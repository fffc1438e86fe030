ghost use Rattle.std.specs.Prelude.{◌≡◌, ℕ, ◌+◌, ◌^◌, ◌<◌, ◌≤◌, ◌⊎◌, ◌↔◌, [], IfOk, IfSome, OnOk, OnErr, MatchBool, length, option_map, slice_get};
ghost use Rattle.mn_base.specs.Among.{Among};
ghost use Rattle.mn_base.specs.declared.due.Due.{Due};
ghost use Rattle.journal.specs.SetupView.{packet_of, route_of};
ghost use Rattle.journal.specs.Hops.{pipe_of};
ghost use Rattle.journal.specs.Fates.{fate_of_step};
ghost use Rattle.parcel.specs.Owners.{owner_of};
ghost use Rattle.deadline_heap.specs.Canonical.{HasNoneOf, placed};
ghost use Rattle.core_loop.specs.Work.{HaveRun, Runs, HasRun, Chooses, Makes, IsEnd, StaysAtWork, Announces, Tells};

use crate::own_pipes::OwnPipes;
use crate::told::Told;
use deadline_heap::Heap;
use journal::steps::{next_due, pipe_at};
use journal::{Fate, PacketPlan, Setup};
use mn_base::{Cause, Due, NoMemory};
use parcel::{CoreCounts, Note, PipeCounts};
use pipe::Step;
use std::alloc::Global;
use std::marker::Model;
use std::mem;

/// The work of a core: what is due, its pipes, and what it has to tell when the window in hand is run.
#[derive(Drop)]
pub(crate) struct Work<'s> {
    setup: &'s Setup,
    /// The core's number.
    number: u32,
    heap: Heap,
    pipes: OwnPipes,
    counts: CoreCounts,
    /// What is to be told: visits of other cores, and the fates of packets wherever they entered. Own visits are due at once.
    told: Vec<Told>,
}

impl<'s> Model for Work<'s> {
    ghost use Rattle.core_loop.specs.Work.{WorkView};

    ghost Value = { WorkView };

    ghost view = { λ w. record {
      setup = w.setup.now;
      number = w.number;
      heap = w.heap;
      pipes = w.pipes;
      counts = w.counts;
      told = w.told.items;
    } };
}

impl<'s> Work<'s> {
    /// Nothing is due, and no visit was made. So many packets enter at this core.
    pub(crate) fn idle(
        alloc: Global,
        setup: &'s Setup,
        number: u32,
        entered: u64,
    ) -> Result<Work<'s>, NoMemory>
        ensures setup { IfOk result (λ w. w.setup ≡ setup.now) }
        ensures number { IfOk result (λ w. w.number ≡ number) }
        ensures heap { IfOk result (λ w. w.heap ≡ []) }
        ensures told { IfOk result (λ w. w.told ≡ []) }
        ensures pipes { IfOk result (λ w. HaveRun setup.now number [] w.pipes) }
        ensures counts { IfOk result (λ w. w.counts
            ≡ record { pipes = length w.pipes.pipes; entered = entered; visits = 0; arrivals = 0; settles = 0; windows = 0 }) }
    {
        let pipes = OwnPipes::idle(alloc, setup, number)?;
        let counts = CoreCounts {
            pipes: pipes.len() as u64,
            entered,
            visits: 0,
            arrivals: 0,
            settles: 0,
            windows: 0,
        };
        Ok(Work {
            setup,
            number,
            heap: Heap::new(alloc)?,
            pipes,
            counts,
            told: Vec::new(alloc),
        })
    }

    /// Runs what is due before `end`, in canonical order, with all that comes to be due before it.
    pub(crate) fn run(&mut self, alloc: Global, end: u64) -> Result<(), NoMemory>
        requires runs { Runs self.old }
        requires ends { IsEnd self.old end }
        ensures run { OnOk result (HasRun self.new) }
        ensures stays { StaysAtWork self.old self.new }
    {
        while self.run_next(alloc, end)? {}
        Ok(())
    }

    /// Makes the first visit that is due before `end`, if there is one.
    fn run_next(&mut self, alloc: Global, end: u64) -> Result<bool, NoMemory>
        requires runs { Runs self.old }
        requires ends { IsEnd self.old end }
        ensures runs { OnOk result (Runs self.new) }
        ensures stays { StaysAtWork self.old self.new }
        ensures more { IfOk result (λ more. MatchBool more (self.new.counts.visits ≡ self.old.counts.visits + 1) (HasRun self.new)) }
    {
        let Some(due) = self.heap.pop_before(end) else {
            return Ok(false);
        };
        let plan = self.plan_of(due);
        let pipe = pipe_at(self.setup, plan, due.hop);
        let step = self.visit(alloc, due, plan, pipe)?;
        self.follow(alloc, due, plan, pipe, step)?;
        Ok(true)
    }

    /// The plan of the packet of a visit that is to be made.
    fn plan_of(&self, due: Due) -> PacketPlan
        requires { Chooses self.now due }
        ensures known { packet_of self.now.setup due.packet ≡ Some result }
        ensures number { result.number ≡ due.packet }
        ensures within { due.hop < length (route_of self.now.setup due.packet) }
    {
        match self.setup.find(due.packet) {
            Some(plan) => plan,
            None => unreachable!(),
        }
    }

    /// Makes a visit to an own pipe.
    fn visit(
        &mut self,
        alloc: Global,
        due: Due,
        plan: PacketPlan,
        pipe: u32,
    ) -> Result<Step, NoMemory>
        requires chosen { Chooses self.old due }
        requires known { packet_of self.old.setup due.packet ≡ Some plan }
        requires number { plan.number ≡ due.packet }
        requires pipe { pipe ≡ pipe_of self.old.setup due }
        ensures made { IfOk result (λ step. Makes self.new due step) }
        ensures stays { StaysAtWork self.old self.new }
        ensures visits { OnOk result (self.new.counts.visits ≡ self.old.counts.visits + 1) }
    {
        let step = self.pipes.visit(alloc, self.setup, due, plan, pipe)?;
        self.counts.visits += 1;
        Ok(step)
    }

    /// Notes what comes of a visit: the next one on the packet's way, or the packet's fate.
    fn follow(
        &mut self,
        alloc: Global,
        due: Due,
        plan: PacketPlan,
        pipe: u32,
        step: Step,
    ) -> Result<(), NoMemory>
        requires made { Makes self.old due step }
        requires known { packet_of self.old.setup due.packet ≡ Some plan }
        requires number { plan.number ≡ due.packet }
        requires within { due.hop < length (route_of self.old.setup due.packet) }
        requires pipe { pipe ≡ pipe_of self.old.setup due }
        ensures runs { OnOk result (Runs self.new) }
        ensures stays { StaysAtWork self.old self.new }
        ensures visits { OnOk result (self.new.counts.visits ≡ self.old.counts.visits) }
    {
        match next_due(self.setup, plan, due.hop, step) {
            Some(next) => self.announce(alloc, next, plan),
            None => self.tell(
                plan.core,
                Note::Settle {
                    packet: due.packet,
                    fate: fate_by(pipe, due.tick, step),
                },
            ),
        }
    }

    /// Notes a visit that comes to be due: it is due here where the pipe is an own one, and its owner is to be told of any other.
    pub(crate) fn announce(
        &mut self,
        alloc: Global,
        due: Due,
        plan: PacketPlan,
    ) -> Result<(), NoMemory>
        requires known { packet_of self.old.setup due.packet ≡ Some plan }
        requires number { plan.number ≡ due.packet }
        requires within { due.hop < length (route_of self.old.setup due.packet) }
        requires alone { HasNoneOf due.packet self.old.heap }
        ensures announces { OnOk result (Announces self.old due self.new) }
        ensures stays { StaysAtWork self.old self.new }
    {
        let owner = self.owner_at(plan, due.hop);
        if owner == self.number {
            return self.insert(due);
        }
        let Due { tick, packet, hop } = due;
        self.tell(owner, Note::Arrive { packet, hop, tick })
    }

    /// The core that owns the pipe at a hop of a packet's route.
    fn owner_at(&self, plan: PacketPlan, hop: u32) -> u32
        requires known { packet_of self.now.setup plan.number ≡ Some plan }
        requires within { hop < length (route_of self.now.setup plan.number) }
        ensures { (tick : ℕ) → result ≡ owner_of self.now.setup (pipe_of self.now.setup (record { tick = tick; packet = plan.number; hop = hop })) }
    {
        self.setup.parts().owners[pipe_at(self.setup, plan, hop) as usize]
    }

    /// Puts down what is to be told.
    fn tell(&mut self, receiver: u32, note: Note) -> Result<(), NoMemory>
        ensures tells { OnOk result (Tells self.old receiver note self.new) }
        ensures stays { StaysAtWork self.old self.new }
    {
        self.told.push(Told { receiver, note })?;
        Ok(())
    }

    /// Puts in a visit of which another core has told.
    pub(crate) fn insert(&mut self, due: Due) -> Result<(), NoMemory>
        requires { HasNoneOf due.packet self.old.heap }
        ensures members { OnOk result ((other : Due) → Among other self.new.heap ↔ ((due ≡ other) ⊎ Among other self.old.heap)) }
        ensures same { OnOk result (self.new ≡ record self.old { heap = placed due self.old.heap }) }
        ensures err { OnErr result (self.new ≡ self.old) }
    {
        self.heap.insert(due)
    }

    /// The least tick of what is due here.
    pub(crate) fn least(&self) -> Option<u64>
        ensures first { result ≡ option_map (λ due. due.tick) (slice_get self.now.heap 0) }
        ensures least { IfSome result (λ tick. (other : Due) → Among other self.now.heap → tick ≤ other.tick) }
    {
        self.heap.least()
    }

    /// The next window is in hand.
    pub(crate) fn end_window(&mut self)
        requires { self.old.counts.windows < 2 ^ 28 }
        ensures { self.new ≡ record self.old { counts = record self.old.counts { windows = self.old.counts.windows + 1 } } }
    {
        self.counts.windows += 1;
    }

    /// The number of the window in hand: so many are run.
    pub(crate) fn windows(&self) -> u64
        ensures { result ≡ self.now.counts.windows }
    {
        self.counts.windows
    }

    /// What it has done.
    pub(crate) fn counts(&self) -> CoreCounts
        ensures { result ≡ self.now.counts }
    {
        self.counts
    }

    /// The core's number.
    pub(crate) fn number(&self) -> u32
        ensures { result ≡ self.now.number }
    {
        self.number
    }

    /// Counts what other cores are told.
    pub(crate) fn count_sent(&mut self, arrivals: u64, settles: u64)
        requires arrivals { self.old.counts.arrivals + arrivals < 2 ^ 64 }
        requires settles { self.old.counts.settles + settles < 2 ^ 64 }
        ensures { self.new ≡ record self.old {
          counts = record self.old.counts {
            arrivals = self.old.counts.arrivals + arrivals;
            settles = self.old.counts.settles + settles;
          };
        } }
    {
        self.counts.arrivals += arrivals;
        self.counts.settles += settles;
    }

    /// Hands out what is to be told. Then nothing is.
    pub(crate) fn take_told(&mut self, alloc: Global) -> Vec<Told>
        ensures told { result.items ≡ self.old.told }
        ensures same { self.new ≡ record self.old { told = [] } }
    {
        mem::replace(&mut self.told, Vec::new(alloc))
    }

    /// Uses a vector again for what is to be told, where nothing is.
    pub(crate) fn reuse(&mut self, told: Vec<Told>)
        ensures { self.new ≡ record self.old { told = [] } }
    {
        let mut told = told;
        told.clear();
        self.told = told;
    }

    /// What became of the visits to each of its pipes, at the end.
    pub(crate) fn into_counts(self) -> Vec<PipeCounts>
        ensures { result.items ≡ self.entry.pipes.counts }
    {
        let Work {
            setup: _,
            number: _,
            heap: _,
            pipes,
            counts: _,
            told: _,
        } = self;
        pipes.into_counts()
    }
}

/// The fate of a packet whose way ends at this pipe and tick with this step.
fn fate_by(pipe: u32, tick: u64, step: Step) -> Fate
    ensures { result ≡ fate_of_step pipe tick step }
{
    match step {
        Step::Lost => Fate::Dropped {
            pipe,
            tick,
            cause: Cause::Loss,
        },
        Step::Full => Fate::Dropped {
            pipe,
            tick,
            cause: Cause::Full,
        },
        Step::Pass { exit } => Fate::Left { tick: exit },
    }
}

-=-=-=-=-

## Your assignment
Please tally the lines of the entries that hold "Rattle" and give only the resulting number.

## Response area
10